*** Opening RECORDS SUPPLIED ***
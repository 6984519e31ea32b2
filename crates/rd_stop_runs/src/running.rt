//! Carries out what a run does, and closes the files.

use crate::bases::standing_store;
use crate::commands::Command;
use crate::copies::copy;
use crate::desk::{desk_of, status_of, words_of_create, words_of_open};
use crate::files::{Drives, FilesStore, Pair, close, connect, into_files, options, pages_of};
use crate::museum::{Written, accession_of, run_command};
use crate::runs::{Action, Run};
use anyhow::{Result, bail};
use rd_desk::Desk;
use rd_fakes::desk::{create, into_connection, into_store, migrate};
use rd_store::{CreateFault, OpenFault, Store};
use sqlite::{Alter, Connection, Error, Options};
use std::alloc::{AllocError, Global};

/// The number from which a run makes the salts of its log.
const SALT: u64 = 3;

/// How many pages have room in memory beside those that the files hold before a run.
const MORE_PAGES: usize = 16;

/// What a command writes where its store fails.
const STORE_LINE: &str = "desk: store\n";

/// How a run ends.
#[derive(Clone, Copy, PartialEq, Eq)]
pub(crate) enum Ending {
    /// It reports all as done.
    Done,
    /// It reports that the store is unavailable.
    Unavailable,
    /// It reports something else.
    Other,
}

/// What a run reports: how it ends, how many changes are done, and its words for the ending.
#[derive(Drop)]
pub(crate) struct Report {
    pub(crate) ending: Ending,
    pub(crate) changes: usize,
    pub(crate) words: String,
}

/// A run that has ended: what it reports, and the files.
#[derive(Drop)]
pub(crate) struct Ran {
    pub(crate) report: Report,
    pub(crate) files: Drives,
}

/// A connection on which a run has ended, and what the run reports.
#[derive(Drop)]
struct Acted<S: Alter> {
    report: Report,
    conn: Connection<S>,
}

/// What a run reports that ended on a connection, and the connection.
fn ended<S: Alter + Drop>(
    alloc: Global,
    ending: Ending,
    changes: usize,
    words: &str,
    conn: Connection<S>,
) -> Result<Acted<S>> {
    let words = String::from_str(alloc, words)?;
    let report = Report {
        ending,
        changes,
        words,
    };
    Ok(Acted { report, conn })
}

/// How a run ends that asks for a desk and gets none: as it must if one stands there before.
fn not_created(fault: CreateFault, stands: bool) -> Ending {
    match fault {
        CreateFault::Sql => Ending::Unavailable,
        CreateFault::Exists if stands => Ending::Done,
        CreateFault::Exists => Ending::Other,
    }
}

/// What a run reports that asked for a desk, and got it or not. It must get one unless one stands there before.
fn created<S: Alter + Drop>(
    alloc: Global,
    made: Result<Store<S>, (CreateFault, Connection<S>)>,
    stands: bool,
) -> Result<Acted<S>> {
    match made {
        Ok(store) => {
            let ending = if stands { Ending::Other } else { Ending::Done };
            ended(alloc, ending, 1, "done", into_connection(store))
        }
        Err((fault, conn)) => {
            let (ending, words) = (not_created(fault, stands), words_of_create(fault));
            ended(alloc, ending, 0, words, conn)
        }
    }
}

/// Copies a desk from other files, at which nothing stops.
fn run_copy(
    alloc: Global,
    source: &Pair,
    conn: Connection<FilesStore>,
    stands: bool,
) -> Result<Acted<FilesStore>> {
    let mut from = standing_store(alloc, source)?;
    created(alloc, copy(alloc, &mut from, conn), stands)
}

/// What a run reports where the desk does not open.
fn closed<S: Alter + Drop>(
    alloc: Global,
    fault: OpenFault,
    conn: Connection<S>,
) -> Result<Acted<S>> {
    let ending = match fault {
        OpenFault::Sql => Ending::Unavailable,
        OpenFault::NotADesk | OpenFault::Version | OpenFault::Inconsistent => Ending::Other,
    };
    ended(alloc, ending, 0, words_of_open(fault), conn)
}

/// Brings a desk to the newest version.
fn run_migrate<S: Alter + Drop>(alloc: Global, conn: Connection<S>) -> Result<Acted<S>> {
    match migrate(alloc, conn) {
        Ok(store) => ended(alloc, Ending::Done, 1, "done", into_connection(store)),
        Err((fault, conn)) => closed(alloc, fault, conn),
    }
}

/// Gives a desk commands up to the first that it does not carry out. Gives how many it carries out,
/// and the last status.
fn give_in_turn<S: Alter + Drop>(
    alloc: Global,
    desk: &mut Desk<S>,
    commands: &[Command],
) -> Result<(usize, u16)> {
    let mut done = 0usize;
    for command in commands {
        let status = status_of(alloc, desk, *command)?;
        if status != 200 {
            return Ok((done, status));
        }
        done = done.saturating_add(1);
    }
    Ok((done, 200))
}

/// What a run reports after so many commands, the last of which had this status. All of them may count as one change.
fn answered(alloc: Global, done: usize, status: u16, is_one: bool) -> Result<Report> {
    let ending = match status {
        200 => Ending::Done,
        503 => Ending::Unavailable,
        _ => Ending::Other,
    };
    let words = format!(in alloc; "status {status}")?;
    let changes = match ending {
        _ if !is_one => done,
        Ending::Done => 1,
        Ending::Unavailable | Ending::Other => 0,
    };
    Ok(Report {
        ending,
        changes,
        words,
    })
}

/// Gives the desk of a store commands.
fn run_on_store<S: Alter + Drop>(
    alloc: Global,
    store: Store<S>,
    commands: &[Command],
    is_one: bool,
) -> Result<Acted<S>> {
    let mut desk = desk_of(store)?;
    let (done, status) = give_in_turn(alloc, &mut desk, commands)?;
    let report = answered(alloc, done, status, is_one)?;
    let conn = into_connection(into_store(desk));
    Ok(Acted { report, conn })
}

/// Opens a desk, and gives it commands.
fn run_commands<S: Alter + Drop>(
    alloc: Global,
    conn: Connection<S>,
    commands: &[Command],
    is_one: bool,
) -> Result<Acted<S>> {
    match migrate(alloc, conn) {
        Ok(store) => run_on_store(alloc, store, commands, is_one),
        Err((fault, conn)) => closed(alloc, fault, conn),
    }
}

/// The line that tells of a change: of a row of the sheet, or of the only change.
fn done_line(alloc: Global, row: Option<usize>) -> Result<String, AllocError> {
    match row {
        Some(row) => {
            let acc = accession_of(row);
            format!(in alloc; "{acc} done")
        }
        None => String::from_str(alloc, "done"),
    }
}

/// How many changes a command reports as done; `None` if its lines are not those of the first changes, in their order.
fn changes_told(alloc: Global, text: &str, has_sheet: bool) -> Result<Option<usize>, AllocError> {
    if !matches!(text.as_bytes(), [] | [.., b'\n']) {
        return Ok(None);
    }
    let mut changes = 0usize;
    for line in text.lines() {
        let wanted = done_line(alloc, if has_sheet { Some(changes) } else { None })?;
        if line != wanted.as_str() {
            return Ok(None);
        }
        changes = changes.saturating_add(1);
    }
    Ok(Some(changes))
}

/// How a run ends after a command with this status that wrote these errors.
fn ending_of(status: u8, errors: &str) -> Ending {
    if status == 0 && errors.is_empty() {
        Ending::Done
    } else if status == 3 && errors == STORE_LINE {
        Ending::Unavailable
    } else {
        Ending::Other
    }
}

/// A text that a command wrote.
fn text_of(written: &Vec<u8>) -> Result<&str> {
    match str::from_utf8(written.as_slice()) {
        Ok(text) => Ok(text),
        Err(_) => bail!("an output is no text"),
    }
}

/// What a run reports after a command that imports a sheet, or makes one change and then says so.
fn report_of(alloc: Global, written: &Written, has_sheet: bool) -> Result<Report> {
    let status = written.status;
    let output = text_of(&written.output)?;
    let errors = text_of(&written.errors)?;
    let words = format!(in alloc; "status {status} {errors}")?;
    let told = changes_told(alloc, output, has_sheet)?;
    let ending = match told {
        Some(changes) if has_sheet || (changes == 1 && status == 0) => ending_of(status, errors),
        Some(0) if status != 0 => ending_of(status, errors),
        _ => Ending::Other,
    };
    let changes = if has_sheet || ending == Ending::Done {
        told.unwrap_or(0)
    } else {
        0
    };
    Ok(Report {
        ending,
        changes,
        words,
    })
}

/// Has the program import a sheet of some rows, or put a key of the staff.
fn run_program<S: Alter + Drop>(
    alloc: Global,
    conn: Connection<S>,
    rows: Option<usize>,
) -> Result<Acted<S>> {
    let (written, conn) = run_command(alloc, rows, conn)?;
    let report = report_of(alloc, &written, rows.is_some())?;
    Ok(Acted { report, conn })
}

/// Does what an action says. The source is what it copies a desk from, if it copies one.
fn act(
    alloc: Global,
    action: Action,
    source: &Pair,
    conn: Connection<FilesStore>,
) -> Result<Acted<FilesStore>> {
    match action {
        Action::Create | Action::CreateWithSums => created(alloc, create(conn), false),
        Action::CreateSecond => created(alloc, create(conn), true),
        Action::Copy => run_copy(alloc, source, conn, false),
        Action::CopyToDesk => run_copy(alloc, source, conn, true),
        Action::Migrate => run_migrate(alloc, conn),
        Action::Ask(commands) => run_commands(alloc, conn, commands, false),
        Action::AskAsOne(commands) => run_commands(alloc, conn, commands, true),
        Action::Import(rows) => run_program(alloc, conn, Some(rows)),
        Action::PutStaffKey => run_program(alloc, conn, None),
    }
}

/// What a run reports that gets no connection, and the files.
fn unconnected(alloc: Global, error: Error, files: Drives) -> Result<Ran> {
    let words = format!(in alloc; "no database: {error}")?;
    let report = Report {
        ending: Ending::Unavailable,
        changes: 0,
        words,
    };
    Ok(Ran { report, files })
}

/// Connects to the database in two files, does what an action of a run says, and closes the files if the run does. The
/// source is what it copies a desk from, if it copies one. The pages that the files hold have room in memory, and a few
/// more: making room takes time.
pub(crate) fn carry_out(
    alloc: Global,
    run: &Run,
    action: Action,
    source: &Pair,
    files: Drives,
) -> Result<Ran> {
    let how = Options {
        cache_pages: pages_of(&files).saturating_add(MORE_PAGES),
        ..options(SALT, run.frames)
    };
    match connect(alloc, files, how, action.asks_sums()) {
        Ok(conn) => {
            let Acted { report, conn } = act(alloc, action, source, conn)?;
            let files = if run.is_closed {
                close(conn)
            } else {
                into_files(conn)
            };
            Ok(Ran { report, files })
        }
        Err((error, files)) => unconnected(alloc, error, files),
    }
}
*** Closing RECORDS SUPPLIED ***
*YOUR TASK*: Send back exactly the lines of the listing above starting at the one with "a command wrote." and ending at the one with "then says so.", inclusive, and no others.

*SOLUTION BELOW*:
/// A text that a command wrote.
fn text_of(written: &Vec<u8>) -> Result<&str> {
    match str::from_utf8(written.as_slice()) {
        Ok(text) => Ok(text),
        Err(_) => bail!("an output is no text"),
    }
}

/// What a run reports after a command that imports a sheet, or makes one change and then says so.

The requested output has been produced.